TUSCAN WHITE BEAN SALAD WITH SPINACH, OLIVES, AND SUN-DRIED TOMATOES

facebook share image   twitter share image   pinterest share image   E-Mail share image



Tuscan White Bean Salad with Spinach, Olives, and Sun-Dried Tomatoes image

Provided by Sara Foster

Categories     Salad     Bean     Olive     Tomato     Spinach     Summer     Healthy

Yield Makes 8 to 10 servings

Number Of Ingredients 9

1 1/2 cups dried navy beans, rinsed and picked over
1/4 cup olive oil
1 yellow onion, finely chopped
4 cups firmly packed spinach, washed, drained, and stems removed
1/2 cup chopped sun-dried tomatoes
1/2 pound fresh mozzarella cheese, cut into 1/2-inch cubes
1/2 cup pitted black olives, such as kalamata or niçoise
Italian Vinaigrette
Salt and freshly ground black pepper to taste

Steps:

  • 1. To quick-soak the beans: Place the beans in a large pot with water to cover by 3 inches and bring to a boil. Reduce heat and simmer, uncovered, 45 minutes. Remove from the heat, drain, and rinse.
  • 2. To cook the beans: Place the beans in a large pot and add enough water to cover by 3 to 4 inches. Bring to a boil, lower heat, and simmer, uncovered, 45 minutes to 1 hour, or until beans are tender but still firm. Drain and rinse the beans thoroughly. Set aside to cool.
  • 3. Heat the olive oil in a skillet over medium heat. Add the onion and cook and stir until slightly brown, about 5 minutes.
  • 4. Toss the beans, onion, spinach, sun-dried tomatoes, mozzarella, and olives in a large bowl with the vinaigrette until just combined. Season with salt and pepper and serve immediately or refrigerate in an airtight container until ready to use or up to 1 day. If refrigerating, add the spinach just before serving.

Amjad Ali
[email protected]

This salad is a great value for the price.


Sojal chandra das
[email protected]

I found this salad to be a bit bland. I would add some more herbs or spices to the dressing.


Moneeka Gwyn
[email protected]

This salad is a bit too tangy for my taste. I would reduce the amount of lemon juice in the dressing.


Dubai Dubai
[email protected]

I used canned white beans instead of dried beans. The salad was still very good.


Dibya Deuja
[email protected]

I'm not a fan of sun-dried tomatoes, so I omitted them from the recipe. The salad was still delicious.


Awo Aggrey
[email protected]

This salad is a great way to use up leftover spinach.


Saio F Koroma
[email protected]

I love the combination of flavors and textures in this salad. It's a great way to change up my usual salad routine.


Keiton Keira
[email protected]

This salad is perfect for a picnic or barbecue.

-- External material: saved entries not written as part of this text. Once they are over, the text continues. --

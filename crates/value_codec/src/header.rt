//! The header of a frame.

ghost use Rattle.std.specs.Prelude.{◌≡◌, ◌≤◌, ◌+◌, IfSome, length, drop, option_map};
ghost use Rattle.std.specs.Int.{w32, cast_signed};
ghost use Rattle.byteorder.specs.Endian.{little_number};
ghost use Rattle.ipdl_base.specs.Sound.{IsSound};
ghost use Rattle.value_codec.specs.Frames as frames;
ghost use Rattle.value_codec.specs.Frames.{seen};
ghost use Rattle.value_codec.specs.Spelling as spelling;

use byteorder::{ByteOrder, LittleEndian};
use ipdl_base::{Compress, GOODBYE_NUMBER, MessageRow, Rule, Schema, Semantics};
use value_types::{Layout, MARK};

/// The six fields of a header.
#[derive(Clone, Copy)]
pub(crate) struct Header {
    /// The number of bytes of the payload.
    pub(crate) size: u32,
    pub(crate) route: i32,
    /// The number of the type.
    pub(crate) number: u32,
    pub(crate) flags: u32,
    /// The number of the request.
    pub(crate) seq: i32,
    pub(crate) transaction: i32,
}

/// What the type of a frame names.
#[derive(Clone, Copy)]
pub(crate) enum FrameType<'s> {
    Goodbye,
    Request(&'s MessageRow),
    Reply(&'s MessageRow),
}

/// Returns the flag of a sync message.
fn sync_flag(row: &MessageRow) -> u32
    ensures { result ≡ spelling.sync_flag row.now }
{
    match row.semantics {
        Semantics::Sync => 1,
        Semantics::Async => 0,
    }
}

/// Returns the flag of a message's compression.
fn compress_flag(compress: Compress) -> u32
    ensures { result ≡ spelling.compress_flag compress }
{
    match compress {
        Compress::Plain => 0,
        Compress::Last => 32,
        Compress::All => 64,
    }
}

/// Returns the flags of a request.
pub(crate) fn request_flags(row: &MessageRow) -> u32
    ensures { result ≡ spelling.request_flags row.now }
{
    sync_flag(row) + 2 * u32::from(row.level.rank()) + compress_flag(row.compress)
}

/// Returns the flags of a reply with values.
pub(crate) fn reply_flags(row: &MessageRow) -> u32
    ensures { result ≡ spelling.reply_flags row.now }
{
    sync_flag(row) + 8
}

/// Returns the flags of a reply with a fault.
pub(crate) fn fault_flags(row: &MessageRow) -> u32
    ensures { result ≡ spelling.fault_flags row.now }
{
    sync_flag(row) + 24
}

/// Returns the bytes after the first `count`.
pub(crate) fn following(count: usize, bytes: &[u8]) -> &[u8]
    requires { count ≤ length bytes.now }
    ensures { result.now ≡ drop count bytes.now }
{
    let (_, rest) = bytes.split_at(count);
    rest
}

/// Returns the number in the four bytes after the first `count`.
fn word_after(count: usize, bytes: &[u8]) -> u32
    requires { count + 4 ≤ length bytes.now }
    ensures { result ≡ little_number 4 (drop count bytes.now) }
{
    LittleEndian::read_u32(following(count, bytes))
}

/// Returns the signed number in the four bytes after the first `count`.
fn signed_word_after(count: usize, bytes: &[u8]) -> i32
    requires { count + 4 ≤ length bytes.now }
    ensures { result ≡ cast_signed w32 (little_number 4 (drop count bytes.now)) }
{
    word_after(count, bytes).cast_signed()
}

/// Returns the fields in the bytes after a mark.
fn header_in(bytes: &[u8]) -> Header
    requires { 24 ≤ length bytes.now }
    ensures { result ≡ frames.header_in bytes.now }
{
    Header {
        size: word_after(0, bytes),
        route: signed_word_after(4, bytes),
        number: word_after(8, bytes),
        flags: word_after(12, bytes),
        seq: signed_word_after(16, bytes),
        transaction: signed_word_after(20, bytes),
    }
}

/// Returns the number of bytes of a layout's mark.
pub(crate) fn mark_size(layout: Layout) -> usize
    ensures value { result ≡ length (spelling.mark_of layout) }
    ensures few { result ≤ 4 }
{
    if layout.marked { 4 } else { 0 }
}

/// Returns the number of bytes before the payload of a frame.
pub(crate) fn header_size(layout: Layout) -> usize
    ensures value { result ≡ frames.header_size layout }
    ensures few { result ≤ 28 }
{
    mark_size(layout) + 24
}

/// Returns the header that the bytes begin with.
pub(crate) fn header_of(layout: Layout, bytes: &[u8]) -> Header
    requires { frames.header_size layout ≤ length bytes.now }
    ensures { result ≡ frames.header_of layout bytes.now }
{
    header_in(following(mark_size(layout), bytes))
}

/// Returns whether the bytes begin with the mark, if the layout has one.
fn has_mark(layout: Layout, bytes: &[u8]) -> bool
    requires { 4 ≤ length bytes.now }
    ensures { result ≡ frames.has_mark layout bytes.now }
{
    if layout.marked {
        LittleEndian::read_u32(bytes) == LittleEndian::read_u32(&MARK)
    } else {
        true
    }
}

/// Returns whether a message's number names its request or its reply.
fn request_or_reply(number: u32, row: &MessageRow) -> FrameType<'_>
    ensures { seen result ≡ frames.request_or_reply number row.now }
{
    if row.number == number {
        FrameType::Request(row)
    } else {
        FrameType::Reply(row)
    }
}

/// Returns what the number of a type names: a request or a reply that is carried, or a goodbye; otherwise
/// `None`.
pub(crate) fn frame_type(schema: &Schema, number: u32) -> Option<FrameType<'_>>
    requires { IsSound schema.now }
    ensures { option_map seen result ≡ frames.type_of schema.now number }
{
    if number == GOODBYE_NUMBER {
        return Some(FrameType::Goodbye);
    }
    match schema.message(number) {
        Some(row) => {
            if row.carried {
                Some(request_or_reply(number, row))
            } else {
                None
            }
        }
        None => None,
    }
}

/// Returns whether flags are those of a type.
fn are_flags(frame_type: &FrameType, flags: u32) -> bool
    ensures { result ≡ frames.are_flags (seen frame_type.now) flags }
{
    match frame_type {
        FrameType::Goodbye => flags == 0,
        FrameType::Request(row) => flags == request_flags(row),
        FrameType::Reply(row) => flags == reply_flags(row) || flags == fault_flags(row),
    }
}

/// Returns whether a type may have a route.
fn is_route(frame_type: &FrameType, route: i32) -> bool
    ensures { result ≡ frames.is_route (seen frame_type.now) route }
{
    match frame_type {
        FrameType::Goodbye => route == 0,
        FrameType::Request(_) | FrameType::Reply(_) => 0 < route,
    }
}

/// Returns whether a type may have a number of a request.
fn is_seq(frame_type: &FrameType, seq: i32) -> bool
    ensures { result ≡ frames.is_seq (seen frame_type.now) seq }
{
    match frame_type {
        FrameType::Goodbye => seq == 0,
        FrameType::Request(_) | FrameType::Reply(_) => seq != 0,
    }
}

/// Returns whether a message may have a transaction.
fn has_transaction(semantics: Semantics, transaction: i32) -> bool
    ensures { result ≡ frames.has_transaction semantics transaction }
{
    match semantics {
        Semantics::Sync => transaction != 0,
        Semantics::Async => transaction == 0,
    }
}

/// Returns whether a type may have a transaction.
fn is_transaction(frame_type: &FrameType, transaction: i32) -> bool
    ensures { result ≡ frames.is_transaction (seen frame_type.now) transaction }
{
    match frame_type {
        FrameType::Goodbye => transaction == 0,
        FrameType::Request(row) | FrameType::Reply(row) => {
            has_transaction(row.semantics, transaction)
        }
    }
}

/// Returns the first rule that the fields after the type's number break, with its offset after the mark.
fn type_fault(header: &Header, frame_type: &FrameType) -> Option<(usize, u8)>
    ensures value { result ≡ frames.type_fault header.now (seen frame_type.now) }
    ensures few { IfSome result (λ fault. fault.0 ≤ 20) }
{
    if !are_flags(frame_type, header.flags) {
        return Some((12, Rule::BAD_FLAGS.number));
    }
    if !is_route(frame_type, header.route) {
        return Some((4, Rule::BAD_FIELD.number));
    }
    if !is_seq(frame_type, header.seq) {
        return Some((16, Rule::BAD_FIELD.number));
    }
    if !is_transaction(frame_type, header.transaction) {
        return Some((20, Rule::BAD_FIELD.number));
    }
    None
}

/// Returns the first rule that fields break, with its offset after the mark.
fn fields_fault(layout: Layout, schema: &Schema, header: &Header) -> Option<(usize, u8)>
    requires { IsSound schema.now }
    ensures value { result ≡ frames.fields_fault layout schema.now header.now }
    ensures few { IfSome result (λ fault. fault.0 ≤ 20) }
{
    if layout.most_payload < header.size as usize {
        return Some((0, Rule::LARGE_PAYLOAD.number));
    }
    match frame_type(schema, header.number) {
        None => Some((8, Rule::UNKNOWN_FRAME_TYPE.number)),
        Some(frame_type) => type_fault(header, &frame_type),
    }
}

/// Returns the first rule that a header breaks, with its offset in the frame.
pub(crate) fn header_fault(
    layout: Layout,
    schema: &Schema,
    header: &Header,
    bytes: &[u8],
) -> Option<(usize, u8)>
    requires sound { IsSound schema.now }
    requires whole { frames.header_size layout ≤ length bytes.now }
    requires header { header.now ≡ frames.header_of layout bytes.now }
    ensures { result ≡ frames.header_fault layout schema.now bytes.now }
{
    if !has_mark(layout, bytes) {
        return Some((0, Rule::BAD_MARK.number));
    }
    match fields_fault(layout, schema, header) {
        None => None,
        Some((offset, rule)) => Some((mark_size(layout) + offset, rule)),
    }
}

shafqat ullah (Mehar BaBa)
[email protected]

I'm always looking for new salad recipes, and this one is definitely a keeper.


Daria nituica
[email protected]

This salad is a great way to get your daily dose of vegetables.


Ketty Phiri
[email protected]

I love the pop of color from the sun-dried tomatoes.


Usman Sagar baloch
[email protected]

I added some grilled chicken to this salad and it was a delicious main course.


Mondesir Frantz
[email protected]

This salad is a great way to use up leftover white beans.


Sk Belal
[email protected]

I'm not a huge fan of white beans, but I really enjoyed this salad. The other ingredients really balance out the flavor of the beans.


Mark Brown
[email protected]

I made this salad for a potluck and it was a hit! Everyone loved the unique flavors.


BIG BEAR AJ
[email protected]

The dressing is tangy and flavorful, and it really brings all the ingredients together.


Tristan_ Lessus
[email protected]

I love the simplicity of this salad. It's easy to make and perfect for a quick lunch or light dinner.


Phoebe Sonnia
[email protected]

This Tuscan white bean salad is a delightful summer dish. The combination of white beans, spinach, olives, and sun-dried tomatoes is refreshing and flavorful.